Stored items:
-- Opening Marker --

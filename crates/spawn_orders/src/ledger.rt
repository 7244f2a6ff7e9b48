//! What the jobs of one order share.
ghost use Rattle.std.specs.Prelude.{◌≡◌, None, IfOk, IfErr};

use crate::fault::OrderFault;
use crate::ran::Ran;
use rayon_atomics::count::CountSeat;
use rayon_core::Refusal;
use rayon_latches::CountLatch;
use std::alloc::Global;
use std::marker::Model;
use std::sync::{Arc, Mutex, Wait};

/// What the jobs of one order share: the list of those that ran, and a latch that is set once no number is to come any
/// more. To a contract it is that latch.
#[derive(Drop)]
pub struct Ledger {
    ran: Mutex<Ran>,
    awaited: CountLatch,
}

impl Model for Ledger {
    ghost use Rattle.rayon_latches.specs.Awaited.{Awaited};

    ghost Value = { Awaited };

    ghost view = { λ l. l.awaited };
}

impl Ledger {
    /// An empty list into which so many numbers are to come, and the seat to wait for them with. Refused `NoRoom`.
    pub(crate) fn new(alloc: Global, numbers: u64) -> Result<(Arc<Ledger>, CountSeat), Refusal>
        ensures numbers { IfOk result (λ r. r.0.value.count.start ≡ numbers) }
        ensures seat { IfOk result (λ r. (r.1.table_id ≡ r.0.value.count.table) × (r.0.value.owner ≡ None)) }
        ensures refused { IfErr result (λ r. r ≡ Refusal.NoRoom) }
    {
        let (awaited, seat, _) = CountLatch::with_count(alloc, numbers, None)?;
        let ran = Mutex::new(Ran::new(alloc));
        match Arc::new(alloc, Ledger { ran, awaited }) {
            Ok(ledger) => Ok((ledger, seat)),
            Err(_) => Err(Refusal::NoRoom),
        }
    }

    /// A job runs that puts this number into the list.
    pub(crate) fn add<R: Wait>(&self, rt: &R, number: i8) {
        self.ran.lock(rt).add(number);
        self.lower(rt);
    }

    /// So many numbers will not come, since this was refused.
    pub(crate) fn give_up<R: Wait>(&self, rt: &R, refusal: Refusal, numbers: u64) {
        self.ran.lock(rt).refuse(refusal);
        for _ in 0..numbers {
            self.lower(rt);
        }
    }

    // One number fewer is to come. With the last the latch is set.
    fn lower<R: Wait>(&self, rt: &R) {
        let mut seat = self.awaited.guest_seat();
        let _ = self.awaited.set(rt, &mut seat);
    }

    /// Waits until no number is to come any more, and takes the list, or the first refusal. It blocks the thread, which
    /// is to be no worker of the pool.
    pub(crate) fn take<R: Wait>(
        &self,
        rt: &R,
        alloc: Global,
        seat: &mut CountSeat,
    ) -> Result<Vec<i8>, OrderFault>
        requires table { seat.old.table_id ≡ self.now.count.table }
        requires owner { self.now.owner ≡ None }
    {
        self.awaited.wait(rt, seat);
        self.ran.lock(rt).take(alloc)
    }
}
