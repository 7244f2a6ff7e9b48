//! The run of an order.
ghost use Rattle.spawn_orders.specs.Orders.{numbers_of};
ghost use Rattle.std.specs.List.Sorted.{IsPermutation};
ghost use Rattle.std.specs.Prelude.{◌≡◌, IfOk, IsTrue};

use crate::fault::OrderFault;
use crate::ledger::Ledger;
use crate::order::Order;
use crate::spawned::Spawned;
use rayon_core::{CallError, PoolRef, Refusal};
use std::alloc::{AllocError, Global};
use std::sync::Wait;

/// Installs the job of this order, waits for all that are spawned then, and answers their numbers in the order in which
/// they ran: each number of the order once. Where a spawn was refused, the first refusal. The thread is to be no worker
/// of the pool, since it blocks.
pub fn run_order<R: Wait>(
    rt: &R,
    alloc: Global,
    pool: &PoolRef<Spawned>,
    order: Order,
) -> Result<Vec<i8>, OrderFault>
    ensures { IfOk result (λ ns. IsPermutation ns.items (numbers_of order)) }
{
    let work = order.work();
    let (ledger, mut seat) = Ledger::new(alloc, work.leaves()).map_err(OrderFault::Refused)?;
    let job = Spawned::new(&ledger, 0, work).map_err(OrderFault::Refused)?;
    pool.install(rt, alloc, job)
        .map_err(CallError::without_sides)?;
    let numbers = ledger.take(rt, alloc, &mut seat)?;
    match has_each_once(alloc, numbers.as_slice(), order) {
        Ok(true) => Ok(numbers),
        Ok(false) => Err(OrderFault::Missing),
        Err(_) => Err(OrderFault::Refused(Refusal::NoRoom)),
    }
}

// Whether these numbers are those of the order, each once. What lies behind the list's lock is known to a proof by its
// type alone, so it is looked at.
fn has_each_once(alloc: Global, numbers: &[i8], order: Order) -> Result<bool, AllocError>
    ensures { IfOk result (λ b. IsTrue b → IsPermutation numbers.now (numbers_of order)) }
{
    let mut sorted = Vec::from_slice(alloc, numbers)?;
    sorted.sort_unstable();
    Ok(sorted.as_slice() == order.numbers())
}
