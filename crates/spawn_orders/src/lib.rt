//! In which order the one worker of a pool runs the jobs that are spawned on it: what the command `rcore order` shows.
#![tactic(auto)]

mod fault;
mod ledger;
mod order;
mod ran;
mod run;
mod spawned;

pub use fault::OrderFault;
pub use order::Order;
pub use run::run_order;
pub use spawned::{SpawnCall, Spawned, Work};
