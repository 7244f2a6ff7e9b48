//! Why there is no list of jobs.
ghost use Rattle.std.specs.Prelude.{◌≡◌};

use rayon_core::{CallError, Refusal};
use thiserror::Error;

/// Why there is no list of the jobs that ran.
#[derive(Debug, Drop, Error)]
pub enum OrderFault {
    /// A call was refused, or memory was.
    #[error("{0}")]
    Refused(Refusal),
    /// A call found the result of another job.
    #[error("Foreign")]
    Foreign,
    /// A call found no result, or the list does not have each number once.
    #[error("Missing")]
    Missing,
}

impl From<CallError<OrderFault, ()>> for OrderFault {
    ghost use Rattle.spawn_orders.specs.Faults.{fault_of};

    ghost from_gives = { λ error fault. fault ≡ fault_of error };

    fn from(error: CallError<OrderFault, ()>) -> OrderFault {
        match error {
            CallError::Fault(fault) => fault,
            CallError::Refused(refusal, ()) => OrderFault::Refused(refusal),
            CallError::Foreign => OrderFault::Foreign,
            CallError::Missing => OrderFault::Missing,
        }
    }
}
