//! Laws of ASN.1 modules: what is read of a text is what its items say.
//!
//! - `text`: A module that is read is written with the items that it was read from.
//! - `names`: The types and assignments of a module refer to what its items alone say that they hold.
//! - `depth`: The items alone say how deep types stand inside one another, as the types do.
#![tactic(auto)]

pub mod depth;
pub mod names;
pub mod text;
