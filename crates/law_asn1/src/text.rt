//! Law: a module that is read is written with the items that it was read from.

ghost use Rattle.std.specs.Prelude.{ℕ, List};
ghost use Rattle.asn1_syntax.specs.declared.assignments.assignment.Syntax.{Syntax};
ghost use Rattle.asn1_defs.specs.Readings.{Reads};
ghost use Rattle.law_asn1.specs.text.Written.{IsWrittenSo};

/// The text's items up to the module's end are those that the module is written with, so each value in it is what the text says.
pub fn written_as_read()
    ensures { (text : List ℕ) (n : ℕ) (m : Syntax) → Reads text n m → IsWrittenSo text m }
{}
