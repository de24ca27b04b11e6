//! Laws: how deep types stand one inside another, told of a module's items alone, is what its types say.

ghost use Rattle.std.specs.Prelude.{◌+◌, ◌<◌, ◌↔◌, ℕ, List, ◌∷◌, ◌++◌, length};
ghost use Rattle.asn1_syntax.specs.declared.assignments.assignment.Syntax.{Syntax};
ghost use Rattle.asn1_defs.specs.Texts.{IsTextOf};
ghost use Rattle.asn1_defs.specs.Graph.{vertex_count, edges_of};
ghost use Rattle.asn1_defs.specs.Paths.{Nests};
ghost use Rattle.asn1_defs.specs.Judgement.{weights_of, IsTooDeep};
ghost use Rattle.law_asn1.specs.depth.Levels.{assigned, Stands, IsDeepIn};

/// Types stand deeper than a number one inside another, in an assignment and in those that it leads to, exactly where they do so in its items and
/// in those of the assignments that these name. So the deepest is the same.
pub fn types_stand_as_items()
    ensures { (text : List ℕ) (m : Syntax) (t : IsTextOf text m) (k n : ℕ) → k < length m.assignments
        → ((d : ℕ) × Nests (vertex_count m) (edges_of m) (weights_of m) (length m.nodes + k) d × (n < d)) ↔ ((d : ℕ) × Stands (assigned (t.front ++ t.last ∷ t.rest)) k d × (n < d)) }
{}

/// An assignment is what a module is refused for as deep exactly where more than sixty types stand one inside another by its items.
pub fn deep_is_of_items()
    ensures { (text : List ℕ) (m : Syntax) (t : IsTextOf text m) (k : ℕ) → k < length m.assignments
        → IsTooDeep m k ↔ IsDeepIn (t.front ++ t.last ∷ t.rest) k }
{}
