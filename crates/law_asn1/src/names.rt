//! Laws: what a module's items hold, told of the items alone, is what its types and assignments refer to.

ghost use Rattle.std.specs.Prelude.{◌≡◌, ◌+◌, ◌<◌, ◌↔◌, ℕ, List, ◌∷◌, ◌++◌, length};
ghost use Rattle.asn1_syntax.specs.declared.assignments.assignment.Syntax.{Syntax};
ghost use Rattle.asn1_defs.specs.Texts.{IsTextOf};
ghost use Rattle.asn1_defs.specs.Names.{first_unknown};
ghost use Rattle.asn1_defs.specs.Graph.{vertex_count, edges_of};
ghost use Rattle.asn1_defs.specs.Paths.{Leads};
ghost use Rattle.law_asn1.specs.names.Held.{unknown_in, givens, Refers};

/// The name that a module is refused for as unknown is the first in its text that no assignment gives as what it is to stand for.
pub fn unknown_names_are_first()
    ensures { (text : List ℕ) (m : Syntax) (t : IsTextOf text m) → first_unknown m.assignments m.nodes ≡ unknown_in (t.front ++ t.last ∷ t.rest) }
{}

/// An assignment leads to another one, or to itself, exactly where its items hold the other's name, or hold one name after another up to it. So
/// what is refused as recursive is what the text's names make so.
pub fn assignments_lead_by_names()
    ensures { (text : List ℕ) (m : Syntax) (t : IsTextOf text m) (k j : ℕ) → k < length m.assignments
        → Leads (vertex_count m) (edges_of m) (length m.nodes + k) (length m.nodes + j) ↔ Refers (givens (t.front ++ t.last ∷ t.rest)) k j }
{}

-- Closing Marker --

> Task statement
If a line above holds the string "into", return it as it stands.

> Answer area
    /// An empty list into which so many numbers are to come, and the seat to wait for them with. Refused `NoRoom`.
    /// A job runs that puts this number into the list.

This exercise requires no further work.